CDH 6 includes Apache Kafka as part of the core package. The documentation includes improved contents for how to set up, install, and administer your Kafka ecosystem. For more information, see the Cloudera Enterprise 6.0.x Apache Kafka Guide. We look forward to your feedback on both the existing and new documentation.
Migrating from Apache Kafka to CDK Powered By Apache Kafka
Minimum Required Role: Cluster Administrator (also provided by Full Administrator)
This topic describes the required steps to migrate an existing Apache Kafka instance to CDK Powered By Apache Kafka.
- You are migrating to a Kafka cluster managed by Cloudera Manager.
- You can plan a maintenance window for your migration.
- You are migrating from a compatible release version, as shown in the table below:
|From Apache Kafka||To CDK Powered By Apache Kafka|
Steps for Migrating from Apache Kafka to Cloudera Distribution of Apache Kafka
Cloudera recommends the following migration procedure. You must migrate brokers first, and then clients.
Before You Begin
- Shut down all existing producers, consumers, MirrorMaker instances, and Kafka brokers.
- If not already installed, install Cloudera Manager. See Installing Cloudera Manager, CDH, and Managed Services.
- Add the CDH and Kafka parcels at installation time.
- Do not add any services yet. Skip the install page by clicking the Cloudera Manager icon in the top navigation bar.
Step 1. Migrating ZookeeperKafka stores its metadata in ZooKeeper. When migrating to Cloudera Distribution of Kafka, you must also migrate your ZooKeeper instance to the supported version included with CDH.
- Shut down your existing ZooKeeper cluster.
- Back up your dataDir and dataLogDir by copying them to another location or machine.
- Add the ZooKeeper service to the cluster where you will run Cloudera Kafka. See Adding a Service.
- Add the ZooKeeper role to all machines that were running ZooKeeper.
- Set any custom configuration from your old zoo.cfg file in Cloudera Manager.
- Make sure dataDir and dataLogDir match your old configuration. This is important because this is where all your data is stored.
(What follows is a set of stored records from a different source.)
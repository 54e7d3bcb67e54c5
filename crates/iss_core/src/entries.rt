//! The entries of each kind of input.
ghost use Rattle.std.specs.Prelude.{◌≡◌, ℕ, true, OnOk, IsTrue};
ghost use Rattle.iss_model.specs.Forms.{is_in_form, is_stamp};
ghost use Rattle.iss_model.specs.rules.Stepping.{acknowledgement_acts, entries_of, own_entries};
ghost use Rattle.iss_core.specs.States.{facts_of, kept_state};
ghost use Rattle.iss_core.specs.Order.{IsInOrder};
ghost use Rattle.iss_core.specs.Adding.{Adds, AddsActs};
ghost use Rattle.iss_core.specs.Settings.{is_setting};

use crate::operations::Operation;
use crate::purchases::Purchase;
use crate::settings::put_setting;
use crate::state::State;
use iss_model::{Entry, Input, Record};
use std::alloc::{AllocError, Global};

impl State {
    /// The entries of a record that was taken up last.
    pub(crate) fn put_own(
        &self,
        alloc: Global,
        out: &mut Vec<Entry>,
        accepted: &Record,
    ) -> Result<(), AllocError>
        requires order { IsInOrder (kept_state self.now) }
        requires input_form { IsTrue (is_in_form accepted.now.input) }
        requires stamp { IsTrue (is_stamp accepted.now.at) }
        ensures { OnOk result (Adds out.old out.new (own_entries accepted.now (facts_of self.now))) }
    {
        match &accepted.input {
            Input::Load {
                token,
                user,
                currency,
                amount,
            } => self.put_load(out, token, user, *currency, *amount),
            Input::Authorization {
                token,
                card,
                currency,
                amount,
                mcc,
                mid,
                partial,
            } => {
                let purchase = Purchase {
                    token: *token,
                    card: *card,
                    currency: *currency,
                    amount: *amount,
                    mcc: *mcc,
                    mid: *mid,
                    partial: *partial,
                    at: accepted.at,
                };
                self.put_authorization(out, &purchase)
            }
            Input::Increment {
                token,
                txn,
                currency,
                amount,
            } => {
                let operation = Operation {
                    token: *token,
                    txn: *txn,
                    currency: *currency,
                    amount: *amount,
                    last: false,
                    at: accepted.at,
                };
                self.put_increment(alloc, out, &operation)
            }
            Input::Reversal {
                token,
                txn,
                currency,
                amount,
            } => {
                let operation = Operation {
                    token: *token,
                    txn: *txn,
                    currency: *currency,
                    amount: *amount,
                    last: false,
                    at: accepted.at,
                };
                self.put_reversal(alloc, out, &operation)
            }
            Input::Clearing {
                token,
                txn,
                currency,
                amount,
                last,
            } => {
                let operation = Operation {
                    token: *token,
                    txn: *txn,
                    currency: *currency,
                    amount: *amount,
                    last: *last,
                    at: accepted.at,
                };
                self.put_clearing(alloc, out, &operation)
            }
            Input::Refund {
                token,
                txn,
                currency,
                amount,
            } => {
                let operation = Operation {
                    token: *token,
                    txn: *txn,
                    currency: *currency,
                    amount: *amount,
                    last: false,
                    at: accepted.at,
                };
                self.put_refund(out, &operation)
            }
            Input::Answer { call, outcome } => self.put_answer(out, *call, *outcome, accepted.at),
            Input::Ack { notice } => self.put_acknowledgement(out, *notice),
            Input::Time => Ok(()),
            Input::User { .. }
            | Input::Card { .. }
            | Input::Move { .. }
            | Input::Product { .. }
            | Input::Group { .. }
            | Input::Control { .. }
            | Input::Set { .. }
            | Input::Switch { .. } => self.put_own_setting(out, &accepted.input),
        }
    }

    /// The entries of a setting.
    fn put_own_setting(&self, out: &mut Vec<Entry>, input: &Input) -> Result<(), AllocError>
        requires { is_setting input.now ≡ true }
        ensures { (at : ℕ) → OnOk result (Adds out.old out.new (entries_of input.now at (facts_of self.now))) }
    {
        match input {
            Input::User { token, user } => {
                put_setting(out, self.user_reason(user), token, input)
            }
            Input::Card {
                token,
                card,
                user,
                product,
                active: _,
            } => put_setting(out, self.card_reason(card, user, product), token, input),
            Input::Move { token, who } => put_setting(out, self.move_reason(who), token, input),
            Input::Product { token, product, .. } => {
                put_setting(out, self.product_reason(product), token, input)
            }
            Input::Group { token, group, .. } => {
                put_setting(out, self.group_reason(group), token, input)
            }
            Input::Control { token, .. } => {
                let Some(control) = input.control() else {
                    unreachable!()
                };
                put_setting(out, self.control_reason(&control), token, input)
            }
            Input::Set {
                token,
                set,
                product,
                currency,
                ..
            } => put_setting(out, self.set_reason(set, product, *currency), token, input),
            Input::Switch {
                token,
                product,
                on: _,
            } => { put_setting(out, self.switch_reason(product), token, input) }
            Input::Load { .. }
            | Input::Authorization { .. }
            | Input::Increment { .. }
            | Input::Reversal { .. }
            | Input::Clearing { .. }
            | Input::Refund { .. }
            | Input::Answer { .. }
            | Input::Ack { .. }
            | Input::Time => unreachable!(),
        }
    }

    /// A notice is acknowledged; a notice that was never made isn't.
    #[inline(never)]
    fn put_acknowledgement(&self, out: &mut Vec<Entry>, notice: u32) -> Result<(), AllocError>
        ensures { OnOk result (AddsActs out.old out.new (acknowledgement_acts (facts_of self.now) notice)) }
    {
        if notice == 0 || notice > self.notices.made() {
            return Ok(());
        }
        out.push(Entry::Acked(notice))?;
        Ok(())
    }
}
- Make sure the zookeeper user owns the files in the dataDir and dataLogDir. For example:
ex: chown -R zookeeper /var/lib/zookeeper
- Start the new ZooKeeper service.
- Use the zookeeper-client CLI to validate that data exists. You should see nodes such as brokers, consumers,
and configs. You might need to adjust your chroot. For example:
zookeeper-client -server hostname:port ls /
Step 2. Migrating Kafka Brokers
All producers, consumers, and Kafka brokers should still be shut down.
- Back up your log.dirs from the old broker machines by copying them to another location or machine.
- Add the Kafka service to the cluster where you migrated ZooKeeper. See Adding a Service.
- Add the broker role to all machines that were running brokers.
- Make sure the kafka user owns the log.dirs files. For example:
chown -R kafka /var/local/Kafka/data
- Set any custom configuration from your old server.properties file in Cloudera Manager.
- Make sure to override the broker.id on each node to match the configured value in your old configurations. If these values do not match, Kafka treats your brokers as new brokers and not your existing ones.
- Make sure log.dirs and zookeeper.chroot match your old configuration. All of your data and state information is stored here.
- Start the Kafka brokers using Cloudera Manager.
Step 3. Migrating MirrorMakerThese are the steps for migrating the MirrorMaker role. To avoid compatibility issues, migrate downstream clusters first.
- Add the MirrorMaker role to all machines that were running MirrorMaker before.
- Set any custom configuration from your old producer.properties and consumer.properties files in Cloudera Manager.
- Start the MirrorMaker instances using Cloudera Manager.
Step 4. Migrating Kafka Clients
Although Kafka might function with your existing clients, you must also upgrade all of your producers and consumers to have all Cloudera patches and bug fixes, and to have a fully supported system.
Migration requires that you change your Kafka dependencies from the Apache versions to the Cloudera versions, recompile your classes, and redeploy them. Use the Maven repository locations as described in Maven Artifacts for CDK Powered By Apache Kafka.